The related Acacia semilunata is similar in appearance but has hairy branchlets and narrower seed pods. Acacia pravissima can look similar but has a secondary longitudinal vein in its phyllodes.

==Taxonomy==
Acacia cultriformis was first formally described in 1832 by Scottish botanist George Don in his book, A General History of Dichlamydeous Plants, and Don gave it the common name 'cultriform-leaved acacia'. The specific epithet (cultriformis) means 'curved like a short wide scimitar'.

Queensland botanist Les Pedley reclassified the species as Racosperma cultriforme in 2003, in his proposal to reclassify almost all Australian members of the genus into the new genus Racosperma. This name is treated as a synonym of Acacia cultriformis by the Australian Plant Census.

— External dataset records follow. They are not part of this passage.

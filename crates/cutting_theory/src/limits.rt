/// The most segments that a text may be cut into.
pub const SEGMENTS: usize = 4_096;
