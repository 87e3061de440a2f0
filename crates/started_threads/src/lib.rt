//! A value that a thread is started to make, and what is promised of it. If no thread can be
//! started, the calling thread makes the value.
//!
//! ```rust
//! use started_threads::{Making, Started};
//!
//! let making = match thread::spawn_with(&rt, promise, move || count(text)) {
//!     Ok(handle) => Making::Pending(handle),
//!     Err(refused) => Making::Ready((refused.value)()),
//! };
//! let started = Started { promise, making };
//! let count = started.join(&rt);
//! ```
#![tactic(auto)]

mod started;

pub use started::{Making, Started};
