//! A value that a thread is started to make.

use std::marker::Model;
use std::thread::{Promise, PromisedHandle, Threads};

/// The thread that makes a value; or, if no thread could be started, the value, which the calling
/// thread made.
#[derive(Drop)]
pub enum Making<T: Drop, P: Promise<T>> {
    Pending(PromisedHandle<T, P>),
    Ready(T),
}

/// A value that a thread was started to make, and what is promised of it. If it is dropped, its
/// thread runs on.
#[derive(Drop)]
pub struct Started<T: Drop, P: Promise<T> + Drop> {
    pub promise: P,
    pub making: Making<T, P>,
}

impl<T: Drop, P: Promise<T> + Drop> Model for Started<T, P> {
    ghost use Rattle.started_threads.specs.Started.{IsMakingOf};

    ghost Value = { P };

    ghost view = { λ s. s.promise };

    ghost invariant = { λ s. IsMakingOf P.Promise s.promise s.making };
}

impl<T: Drop, P: Promise<T> + Drop> Started<T, P> {
    /// Waits for the thread, if there is one, and returns the value, which keeps the promise.
    pub fn join<R: Threads>(self, rt: &R) -> T
        ensures { P.kept_by self result }
    {
        let Started { promise: _, making } = self;
        match making {
            Making::Pending(handle) => handle.join(rt),
            Making::Ready(value) => value,
        }
    }
}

==Distribution and habitat==
Acacia cultriformis is found on the western slopes of the Great Dividing Range in central New South Wales and southern Queensland. It occurs discontinuously north from Wagga Wagga and Narrandera to west of the Denman - Singleton area, and to Stanthorpe and Inglewood in south-eastern Queensland. It grows in clay-loam or sandstone soils in Eucalyptus woodland, often on rocky ridges.

== Uses and cultivation==
Its bright flowers and attractive leaves make Acacia cultriformis one of the most popular wattles in cultivation. Adaptable to the garden, it is grown in a wide range of soils and can tolerate frosts. It grows in sun or part shade. Drought tolerant, it can be used to combat soil erosion. Acacia 'Cascade' (RN: ACC154) is a prostrate form that spreads to a diameter of 2 m (7 ft). It was registered on 18 November 1982, having been propagated by Bill Molyneux at his nursery in Montrose, Victoria from a selected seedling. It makes an attractive cascading plant in a rockery.

A. cultriformis is used as cut flowers.
The flowers are edible and they are an ingredient used in some fritters. Yellow dye is extracted from the flowers and green dye is extracted from the seed pods.